C-SPAN limiting access to its online channels
Parts of C-SPAN online are going behind a paywall.
{mosads}Starting later this summer, the Capitol Hill mainstay will only allow people who sign in as a cable or satellite TV subscriber to watch C-SPAN, C-SPAN 2 and C-SPAN 3 on the Web. Everyone else will still be able to watch individual hearings, press conferences and other content, but they will not have access to the channels’ full live streams.
The news outlet says the change is merely a reflection of the way that technology and people’s viewing habits have changed.
“I don’t think paywall is the right phrase because you’ve always had to pay to watch C-SPAN on TV,” said Peter Kiley, the organization’s vice president for affiliate relations.
C-SPAN, a nonprofit created by the cable industry in 1979, is funded through fees paid by cable and satellite companies. Contrary to popular belief, it does not receive any money from the federal government.
New technologies, though, have effectively made that business model obsolete.
TV sets that connect to the Internet, Kiley said, have negated the need for a cable subscription, which could threaten the organization’s business model.
“If we were giving away the same content that we get paid for putting on TV so easily through the Internet, [which] was now connected to TVs, that business model wasn’t sustainable in the long run,” he told The Hill.
The new policy will only affect online access to the three C-SPAN channels that are streamed online.
It won’t affect streams of individual hearings, press conferences or other events, which will still be available to anyone.

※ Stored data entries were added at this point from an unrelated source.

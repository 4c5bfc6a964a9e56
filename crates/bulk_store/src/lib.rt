//! The bulk store: a fast store that stands between core and a volume's disk.
//!
//! It is a drive over two drives. Pages that are written go to the fast store; when it is full, its oldest page goes to
//! the disk first. A page is read from where it is.
//!
//! Costs: a read is one read of one drive. A write is one write of the fast store, and where a page must give way, a
//! read of the fast store and a write of the disk before it. No call walks the records or the places. Only the `new`s
//! take memory.
#![tactic(auto)]

mod any_drive;
mod core_bulk;
mod index;
mod parts;
mod store;

pub use any_drive::AnyDrive;
pub use core_bulk::CoreBulk;
pub use index::Held;
pub use no_memory::NoMemory;
pub use store::BulkStore;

People who do not authenticate that they are a cable or satellite subscriber won’t be able to watch live versions of C-SPAN-produced shows like “Washington Journal” or “Book TV,” but will be able to watch recorded version of those shows and more than 200,000 hours of video after the fact.
Still, the move has drawn criticism from some public interest and transparency advocates.
“There definitely is a civic engagement concern stemming from C-SPAN’s decision to make its programming less available online,” Matt Wood, the policy director of Free Press, said in an email to The Hill. “And while the network’s initial explanations for the move mentioned a desire to preserve its business model for the future, I guess I always thought C-SPAN was supposed to be a public service brought to us by cable — not a profit center.”
John Wonderlich, the policy director at the Sunlight Foundation, shared concerns that the news channel was sacrificing its public interest mission, potentially as a way to entice people to sign up for cable.
“C-SPAN describes itself as a public service, so you have to be concerned about what their definition of public is, when they start to restrict their offerings to cable subscribers,” he said.
For people who want more transparency in government, the move showed the problems of using a private entity to provide the comprehensive oversight of Congress.
The White House, congressional galleries, committees and many agencies offer live streaming video of major events, but those streams are not as well produced as C-SPAN, nor as well known.
“Ultimately, we want to see government reliably doing it themselves,” Wonderlich said.
Anyone feeling slighted by C-SPAN’s change in operations ought to be directing their frustration elsewhere, said Carl Malamud, president of Public.Resource.Org and founder of the first Internet radio station, who has approached leaders of Congress about setting up a new video system.
“They’re making stuff available, and I think that’s a wonderful public service,” he said. “If we’ve got to be pissed off at somebody, it’s got to be the House of Representatives for not taking much more aggressive steps to make this stuff available.”